• [Stored data entries]
■ ■ ■ ■ ■ ■ ■

//! What is read of a folder before a sheet becomes one of its files.
ghost use Rattle.std.specs.Prelude.{◌≡◌, ◌≤◌, IfOk, IfSome, length};
ghost use Rattle.field_text.specs.Sizes.{longest};

use duty_calendar::{Memory, Rules};
use field_text::FileName;
use file_places::Prose;
use folder_answers::{rule_answer, tell_answer};
use month_files::File;
use rules_file::read_rules;
use shelf::{Shelf, ShelfFault};
use std::alloc::Global;

/// The texts of the files that the readers take before one, two at most.
#[derive(Drop)]
pub struct Earlier {
    pub first: Vec<u8>,
    pub second: Vec<u8>,
}

/// The bytes of a file, where one is named; where it is not read, that is appended.
fn tell_file<S: Shelf>(
    alloc: Global,
    shelf: &mut S,
    prose: &mut Prose,
    file: Option<File>,
) -> Result<Option<Vec<u8>>, Memory>
    ensures kept { S.holds shelf.new ≡ S.holds shelf.old }
    ensures short { IfOk result (λ o. IfSome o (λ v. length v.items ≤ longest)) }
{
    let Some(file) = file else {
        return Ok(Some(Vec::new(alloc)));
    };
    match shelf.read(alloc, file.name(), 67_108_864) {
        Ok(bytes) => Ok(Some(bytes)),
        Err(ShelfFault::NoMemory) => Err(Memory::NoMemory),
        Err(_) => {
            prose.text(file.name().as_bytes())?;
            prose.say(b" is read first, and is not there or was not read\n")?;
            Ok(None)
        }
    }
}

/// The files that are read before one.
fn files_before(file: FileName) -> [Option<File>; 2] {
    match file {
        FileName::Pairings | FileName::Crew => [None, None],
        FileName::Duties => [Some(File::Pairings), None],
        FileName::Legs => [Some(File::Pairings), Some(File::Duties)],
        FileName::History => [Some(File::Crew), None],
        FileName::Fixed => [Some(File::Crew), Some(File::History)],
    }
}

/// The files that are read before one; where one of them is not read, why is appended.
pub fn tell_earlier<S: Shelf>(
    alloc: Global,
    shelf: &mut S,
    prose: &mut Prose,
    file: FileName,
) -> Result<Option<Earlier>, Memory>
    ensures kept { S.holds shelf.new ≡ S.holds shelf.old }
    ensures short_first { IfOk result (λ o. IfSome o (λ e. length e.first.items ≤ longest)) }
    ensures short_second { IfOk result (λ o. IfSome o (λ e. length e.second.items ≤ longest)) }
{
    let [first, second] = files_before(file);
    let Some(first) = tell_file(alloc, shelf, prose, first)? else {
        return Ok(None);
    };
    let Some(second) = tell_file(alloc, shelf, prose, second)? else {
        return Ok(None);
    };
    Ok(Some(Earlier { first, second }))
}

/// The rules of a text; where it has a fault, that is appended.
fn rules_of<S: Shelf>(
    alloc: Global,
    shelf: &mut S,
    prose: &mut Prose,
    text: &[u8],
) -> Result<Option<Rules>, Memory>
    ensures kept { S.holds shelf.new ≡ S.holds shelf.old }
{
    match read_rules(alloc, text) {
        Ok(rules) => Ok(Some(rules)),
        Err(fault) => {
            let Some(answer) = rule_answer(&fault) else {
                return Err(Memory::NoMemory);
            };
            tell_answer(alloc, shelf, prose, &answer)?;
            Ok(None)
        }
    }
}

/// The rules of a folder; where there are none, why is appended.
pub fn tell_rules<S: Shelf>(
    alloc: Global,
    shelf: &mut S,
    prose: &mut Prose,
) -> Result<Option<Rules>, Memory>
    ensures kept { S.holds shelf.new ≡ S.holds shelf.old }
{
    match tell_file(alloc, shelf, prose, Some(File::Rules))? {
        Some(text) => rules_of(alloc, shelf, prose, &text),
        None => Ok(None),
    }
}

■ ■ ■ ■ ■ ■ ■

• [ASSIGNED TASK]
Line count for the word "FileName": please state how many lines of the records above contain it, and nothing else.

• [SOLUTION TO THE EXERCISE]
8